The most critical stage: The demolition of the main basement structure has commenced, while strips of the old basement structure are retained as a temporary platform to handle the debris. Meanwhile the construction of the building core has started.

When the caisson wall is completed and properly shored, a further strip of basement along the perimeter will be demolished, so that the new ground slab can be cast as soon as possible to stabilise the caisson wall.

A closer look at the relationship between the various phases of demolition. The rows of supporting struts, the newly erected steel columns and the partially demolished basement structure render the site virtually inaccessible.

A critical moment: The old basement is being replaced by the new. The central core has been cast and acts as the main stabilising structure. Meanwhile, the ground floor slab needed to be cast, stage by stage, until it covers the entire site. The ground floor slab supports the free-standing caisson wall and acts as a protective plate which separates the site into upper and lower sections, allowing superstructure work and basement work to be carried out at the same time.
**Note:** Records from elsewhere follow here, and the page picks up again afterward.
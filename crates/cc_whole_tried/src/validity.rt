//! Units that keep the rules of validity, and units that differ from them by one fault.

use crate::trial::valid;
use std::alloc::Global;
use std::process::Abort;
use std::test::Fail;

/// A text that keeps a rule, and one that breaks it.
type Row = (&'static str, &'static str);

/// V1 and V2: what a name is declared as.
const NAMES: [Row; 8] = [
    (
        "int n; int f(void) { return n; }",
        "int f(void) { return n; } int n;",
    ),
    (
        "int g(void); void f(void) { g(); }",
        "void f(void) { g(); } int g(void);",
    ),
    (
        "int n; void f(void) { char *p; p = (char *)&n; }",
        "void f(void) { char *p; p = (char *)&n; }",
    ),
    ("int n; extern int n;", "int n; extern char n;"),
    ("extern int n; int n;", "int n; int n;"),
    (
        "int f(char *p); int f(char *q) { return 1; }",
        "int f(char *p); int f(int p) { return 1; }",
    ),
    ("void f(int a, int b) { }", "void f(int a, int a) { }"),
    (
        "void f(int a) { int b; { int a; } }",
        "void f(int a) { int b; int b; }",
    ),
];

/// V3: the operands of expressions, in a function with `int x; char *p; __f f;`.
const OPERANDS: [Row; 11] = [
    ("x = x - 1;", "x = 1 - p;"),
    ("p = p + x;", "p = p * x;"),
    ("p = 4 + p;", "p = p + p;"),
    ("x = p - p;", "x = p - f;"),
    ("x = p < p;", "x = f < f;"),
    ("x = f == 0;", "x = f == 1;"),
    ("x = ~x;", "x = ~p;"),
    ("x = (int)(char)x;", "x = (int)p;"),
    ("p = (char *)0;", "p = (char *)x;"),
    ("if (x) { }", "if (p) { }"),
    ("x = *(int *)(p);", "x = *(int *)(x);"),
];

/// V4 to V6: what is stored, passed and returned, in the same function, of the result `int`.
const FITTING: [Row; 10] = [
    ("x = (int)(char)1;", "x = (char)1;"),
    ("p = 0;", "p = 1;"),
    ("f = 0;", "f = p;"),
    ("*(char *)(p) = (char)1;", "*(char *)(p) = 1;"),
    ("x = getchar();", "p = getchar();"),
    ("p = malloc(8u);", "p = malloc(8);"),
    ("putchar(x);", "putchar(x, x);"),
    ("free(p);", "free(0);"),
    ("return x;", "return p;"),
    ("return 0;", "return;"),
];

/// V7 and V8: `break`, `continue` and labels.
const INSIDE: [Row; 5] = [
    ("for (;;) { break; }", "{ break; }"),
    (
        "switch (x) { case 1: break; }",
        "switch (x) { case 1: continue; }",
    ),
    ("for (;;) { continue; }", "if (x) { continue; }"),
    (
        "switch (x) { case -1: case 4294967294u: }",
        "switch (x) { case -1: case 4294967295u: }",
    ),
    (
        "switch (x) { default: }",
        "switch (x) { default: default: }",
    ),
];

/// V9 and V10: helpers, `main` and the functions with types of their own.
const OWN: [Row; 9] = [
    (
        "int __ha(void) { return 1; } int f(void) { int x; x = __ha(); return x; }",
        "int __ha(void) { return 1; } int __hb(void) { int x; x = __ha(); return x; }",
    ),
    (
        "void r(void) { } void f(void) { atexit(r); }",
        "void r(void) { } void __hf(void) { atexit(r); }",
    ),
    (
        "void f(__f g) { ((void (*)(void))(g))(); }",
        "void __hf(__f g) { ((void (*)(void))(g))(); }",
    ),
    ("int main(void) { return 0; }", "void main(void) { }"),
    (
        "int main(void) { return 0; } int f(void) { return 1; }",
        "int main(void) { return 0; } int f(void) { int x; x = main(); return x; }",
    ),
    (
        "int __main(void) { return 0; }",
        "int __main(int n) { return 0; }",
    ),
    ("void __sti(void) { }", "int __sti(void) { return 0; }"),
    ("int putchar(int d);", "int putchar(int d) { return d; }"),
    ("int getchar(void);", "char getchar(void);"),
];

/// V11 and V12: arrays and their initialisers, and shared definitions.
const VARIABLES: [Row; 8] = [
    ("int a[1];", "int a[0];"),
    ("int a[4194304];", "int a[4194305];"),
    ("char s[2] = \"ab\";", "char s[1] = \"ab\";"),
    (
        "struct __e t[1] = { { 1, 0 } };",
        "struct __e t[1] = { { 1, 0 }, { 2, 0 } };",
    ),
    (
        "int f(void) { return 1; } struct __e t[1] = { { 1, f } };",
        "struct __e t[1] = { { 1, f } };",
    ),
    ("void f(void) { int a[1]; }", "void f(void) { int a[0]; }"),
    (
        "\n#pragma cf_shared\nint n;",
        "\n#pragma cf_shared\nstatic int n;",
    ),
    (
        "\n#pragma cf_shared\nvoid f(void) { }",
        "\n#pragma cf_shared\nstatic void f(void) { }",
    ),
];

fn kept_and_broken(rt: &impl Abort, alloc: Global, rows: &[Row]) -> Result<(), Fail> {
    for (kept, broken) in rows {
        assert!(rt; valid(alloc, kept)?, "{kept}");
        assert!(rt; !valid(alloc, broken)?, "{broken}");
    }
    Ok(())
}

fn kept_and_broken_inside(rt: &impl Abort, alloc: Global, rows: &[Row]) -> Result<(), Fail> {
    for (kept, broken) in rows {
        let kept = format!(in alloc; "int k(void) {{ int x; char *p; __f f; {kept} }}")?;
        let broken = format!(in alloc; "int k(void) {{ int x; char *p; __f f; {broken} }}")?;
        assert!(rt; valid(alloc, kept.as_str())?, "{kept}");
        assert!(rt; !valid(alloc, broken.as_str())?, "{broken}");
    }
    Ok(())
}

#[test]
fn names(rt: HostRuntime) -> Result<(), Fail> {
    kept_and_broken(&rt, rt.alloc(), NAMES.as_slice())
}

#[test]
fn operands(rt: HostRuntime) -> Result<(), Fail> {
    kept_and_broken_inside(&rt, rt.alloc(), OPERANDS.as_slice())
}

#[test]
fn what_fits(rt: HostRuntime) -> Result<(), Fail> {
    kept_and_broken_inside(&rt, rt.alloc(), FITTING.as_slice())
}

#[test]
fn what_stands_inside(rt: HostRuntime) -> Result<(), Fail> {
    kept_and_broken_inside(&rt, rt.alloc(), INSIDE.as_slice())
}

#[test]
fn functions_with_types_of_their_own(rt: HostRuntime) -> Result<(), Fail> {
    kept_and_broken(&rt, rt.alloc(), OWN.as_slice())
}

#[test]
fn variables(rt: HostRuntime) -> Result<(), Fail> {
    kept_and_broken(&rt, rt.alloc(), VARIABLES.as_slice())
}
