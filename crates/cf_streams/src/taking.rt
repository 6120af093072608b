ghost use Rattle.cf_streams.specs.Taking.{Answers};

use cf_base::{Failed, Source};

/// The next byte of the input, or none at its end, behind which it is not asked again. After `Failed` the input holds what it held.
pub fn take<I: Source>(input: &mut I, at_end: &mut bool) -> Result<Option<u8>, Failed>
    ensures { Answers (I.stream input.old) (I.stream input.new) at_end.old at_end.new result }
{
    if *at_end {
        return Ok(None);
    }
    let byte = input.next()?;
    *at_end = byte.is_none();
    Ok(byte)
}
The climbing form for the building core is erected as soon as the central core reaches the ground level. Erecting the custom-designed formwork system often takes weeks or even months to complete. This bird's eye view of the formwork provides a clearer understanding of the construction process.

Looking inside the battlefield-like work site during the final stage of demolition. The new caisson cut-off wall for the basement, at left, is supported by steel struts. Demolition must often be performed within such confined conditions.

A side view of the climbing form. Note that the demolition and the site clearance at this stage is still not fully completed.

An early stage of work showing the layout arrangement for the construction of the superstructure. The top-down construction of the basement will commence shortly.

Concreting work being carried out on the building core. Note that the form has been climbed by one section and a hanging apron-like platform has been erected to facilitate work around the lower part of the formwork system. The crucifix-like structure is the steel member inside the RC core and will be used for the future connection of the steel joint that supports the composite floors.